SqlFileStream -- Win32Exception: "Access is denied" -- Impersonation

Question

My goal here is to have an attachments manager that (1) effectively uses SQL FILESTREAM as it was designed, (2) restricts access to the SQL FileTable and its underlying FILESTREAM Windows directory to one of two Active Directory accounts (creds provided by a web/app.config file), and (3) effectively disregards the current Windows Auth user for whatever site or app in which this library is included.

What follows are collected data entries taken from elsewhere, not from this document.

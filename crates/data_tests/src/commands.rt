//! What no clause says: that calls with ample memory succeed, and what they answer to real clients.

use radio_admin::{AdminFault, Command, OutOfMemory, RawText, read_command, read_path};
use radio_values::MountName;
use std::alloc::Global;

/// A path, a query, and the command or the fault that is read of them, as `shown` writes it.
const ROWS: &[(&[u8], &[u8], &str)] = &[
    (b"/admin/stats", b"", "stats"),
    (b"/admin/listmounts", b"mount=a", "list mounts"),
    (b"/admin/streamlist.txt", b"", "stream list"),
    (b"/admin/listclients", b"mount=%2Fa", "clients /a"),
    (b"/admin/killsource", b"mount=/a&mount=/b", "kill source /a"),
    (b"/admin/killsource", b"mo%75nt=/a", "kill source /a"),
    (
        b"/admin/killsource",
        b"mount=a",
        "missing argument of /admin/killsource",
    ),
    (
        b"/admin/moveclients",
        b"destination=/b&mount=/a",
        "move /a /b",
    ),
    (
        b"/admin/moveclients",
        b"mount=/a",
        "missing argument of /admin/moveclients at /a",
    ),
    (
        b"/admin/killclient",
        b"mount=/a&id=18446744073709551615",
        "kill /a 18446744073709551615",
    ),
    (b"/admin/killclient", b"mount=/a&id=007", "kill /a 7"),
    (
        b"/admin/killclient",
        b"mount=/a&id=184467440737095516150",
        "missing argument of /admin/killclient at /a",
    ),
    (
        b"/admin/killclient",
        b"mount=/z&id=x",
        "missing argument of /admin/killclient at /z",
    ),
    (
        b"/admin/killclient",
        b"mount=/z&id=+7",
        "missing argument of /admin/killclient at /z",
    ),
    (
        b"/admin/fallbacks",
        b"mount=/a&fallback=/b",
        "fallback /a /b",
    ),
    (b"/admin/fallbacks", b"mount=/a&fallback=", "no fallback /a"),
    (
        b"/admin/fallbacks",
        b"mount=/a&fallback=b",
        "missing argument of /admin/fallbacks at /a",
    ),
    (
        b"/admin/fallbacks",
        b"mount=/a",
        "missing argument of /admin/fallbacks at /a",
    ),
    (
        b"/admin/users",
        b"mount=%2Fa&action=add&username=ann&password=",
        "add ann /a",
    ),
    (
        b"/admin/users",
        b"mount=/a&action=delete&username=ann&password=x",
        "delete ann /a",
    ),
    (
        b"/admin/users",
        b"mount=/a&action=add&username=ann",
        "missing argument of /admin/users at /a",
    ),
    (
        b"/admin/users",
        b"mount=/a&action=add&username=a:b&password=x",
        "missing argument of /admin/users at /a",
    ),
    (
        b"/admin/users",
        b"mount=/a&action=set&username=ann&password=x",
        "missing argument of /admin/users at /a",
    ),
    (b"/status.json", b"", "status"),
    (b"/admin/", b"mount=/a", "no command"),
];

/// A query of `/admin/metadata`, and the title that it sets at `/a`; `None` if an argument is missing.
const TITLES: &[(&[u8], Option<&[u8]>)] = &[
    (b"mode=updinfo&mount=/a&song=x", Some(b"x")),
    (
        b"mode=updinfo&mount=%2Fa&charset=UTF-8&song=A%20-%20B",
        Some(b"A - B"),
    ),
    (
        b"mode=updinfo&mount=/a&song=caf%C3%A9+au%2Blait",
        Some(b"caf\xc3\xa9 au+lait"),
    ),
    (
        b"mode=updinfo&mount=/a&song=a%00b'c%22%0D%0A",
        Some(b"a\0b'c\"\r\n"),
    ),
    (b"mode=updinfo&mount=/a&song=%FF%", Some(b"\xef\xbf\xbd%")),
    (b"mode=updinfo&mount=/a&song=", Some(b"")),
    (b"mode=updinfo&mount=/a&song", Some(b"")),
    (b"mode=updinfo&mount=/a&song=x&artist=y&title=z", Some(b"x")),
    (b"mode=updinfo&mount=/a&artist=y&title=z", Some(b"y - z")),
    (b"mode=updinfo&mount=/a&title=z", Some(b"z")),
    (b"mode=updinfo&mount=/a&artist=y", None),
    (b"mode=updinfo&mount=/a", None),
    (b"mount=/a&song=x", None),
    (b"mode=other&mode=updinfo&mount=/a&song=x", None),
];

// rule: No command; Missing argument; First argument
#[test]
fn commands_are_read(rt: HostRuntime) {
    for (path, query, want) in ROWS {
        assert!(rt; is_shown(rt.alloc(), path, query, want));
    }
}

// rule: First argument
#[test]
fn titles_are_read(rt: HostRuntime) {
    for (query, want) in TITLES {
        assert!(rt; sets_title(rt.alloc(), query, *want));
    }
}

// rule: Percent decoding
#[test]
fn paths_are_read(rt: HostRuntime) {
    assert!(rt; is_path_read(rt.alloc()));
}

fn is_path_read(alloc: Global) -> bool {
    match read_path(alloc, b"/%61+b%2g%") {
        Ok(path) => path.as_slice() == b"/a+b%2g%".as_slice(),
        Err(_) => false,
    }
}

/// Whether the command or the fault of the path and the query is shown so.
fn is_shown(alloc: Global, path: &[u8], query: &[u8], want: &str) -> bool {
    match shown(alloc, path, query) {
        Ok(got) => got.as_str() == want,
        Err(_) => false,
    }
}

fn sets_title(alloc: Global, query: &[u8], want: Option<&[u8]>) -> bool {
    match read_command(alloc, b"/admin/metadata", query) {
        Ok(command) => is_title(&command, want),
        Err(fault) => want.is_none() && lacks_argument(&fault),
    }
}

/// Whether the command sets this title at `/a`.
fn is_title(command: &Command, want: Option<&[u8]>) -> bool {
    match (command, want) {
        (Command::Metadata(asked), Some(title)) => asked.mount.as_bytes() == b"/a".as_slice()
            && asked.title.as_bytes() == title,
        _ => false,
    }
}

/// Whether an argument is missing of a command that names `/a`.
fn lacks_argument(fault: &AdminFault) -> bool {
    match fault {
        AdminFault::MissingArgument(_, Some(mount)) => mount.as_bytes() == b"/a".as_slice(),
        _ => false,
    }
}

fn shown(alloc: Global, path: &[u8], query: &[u8]) -> Result<String, OutOfMemory> {
    match read_command(alloc, path, query) {
        Ok(command) => shown_command(alloc, &command),
        Err(fault) => shown_fault(alloc, &fault),
    }
}

fn shown_fault(alloc: Global, fault: &AdminFault) -> Result<String, OutOfMemory> {
    match fault {
        AdminFault::MissingArgument(kind, Some(mount)) => format!(in alloc;
            "missing argument of {kind} at {mount}"
        ),
        fault => format!(in alloc; "{fault}"),
    }
}

fn shown_command(alloc: Global, command: &Command) -> Result<String, OutOfMemory> {
    match command {
        Command::Status => "status".to_string(alloc),
        Command::Stats => "stats".to_string(alloc),
        Command::ListMounts => "list mounts".to_string(alloc),
        Command::StreamList => "stream list".to_string(alloc),
        Command::ListClients(mount) => shown_at(alloc, "clients", mount),
        Command::KillSource(mount) => shown_at(alloc, "kill source", mount),
        Command::Metadata(asked) => shown_at(alloc, "title", &asked.mount),
        Command::MoveClients(asked) => shown_to(alloc, "move", &asked.mount, &asked.destination),
        Command::KillClient(asked) => shown_kill(alloc, &asked.mount, asked.id),
        Command::Fallbacks(asked) => shown_fallback(alloc, &asked.mount, &asked.fallback),
        Command::AddUser(asked) => shown_user(alloc, "add", &asked.user, &asked.mount),
        Command::DeleteUser(asked) => shown_user(alloc, "delete", &asked.user, &asked.mount),
    }
}

fn shown_at(alloc: Global, words: &str, mount: &MountName) -> Result<String, OutOfMemory> {
    format!(in alloc; "{words} {mount}")
}

fn shown_to(
    alloc: Global,
    words: &str,
    mount: &MountName,
    other: &MountName,
) -> Result<String, OutOfMemory> {
    format!(in alloc; "{words} {mount} {other}")
}

fn shown_kill(alloc: Global, mount: &MountName, id: u64) -> Result<String, OutOfMemory> {
    format!(in alloc; "kill {mount} {id}")
}

fn shown_fallback(
    alloc: Global,
    mount: &MountName,
    fallback: &Option<MountName>,
) -> Result<String, OutOfMemory> {
    match fallback {
        Some(fallback) => shown_to(alloc, "fallback", mount, fallback),
        None => shown_at(alloc, "no fallback", mount),
    }
}

fn shown_user(
    alloc: Global,
    words: &str,
    user: &RawText,
    mount: &MountName,
) -> Result<String, OutOfMemory> {
    match std::str::from_utf8(user.as_bytes()) {
        Ok(user) => format!(in alloc; "{words} {user} {mount}"),
        Err(_) => shown_at(alloc, words, mount),
    }
}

I've seen a number of posts about this issue already, and I believe I've tried nearly every suggestion I've found across them all, still with little-to-no success.

I have:

1. Activated integrated security in my connection string: "Server={server};Database=AttachmentsGlobal;User ID={domain}\\{user};Password={password};Trusted_Connection=False;Integrated Security=true;"
2. Given that same user RW access to the FileTable directory on the Windows Server 2012 where SQL Server 2012 is running by modifying folder permissions.
3. Granted the user Select, Alter, Update, Insert, and Delete rights to the file table and filestream column.
4. Implemented a custom impersonator class I found online to impersonate that same user when calling the SqlFileStream object (see below).
5. Tried finding errors on the SQL Server side. All I can find in the Event Viewer is that the impersonation I attempt below is successful in logging on the user.
6. Ensured that "allow remote connections" is enabled in the FILESTREAM settings in SQL Server.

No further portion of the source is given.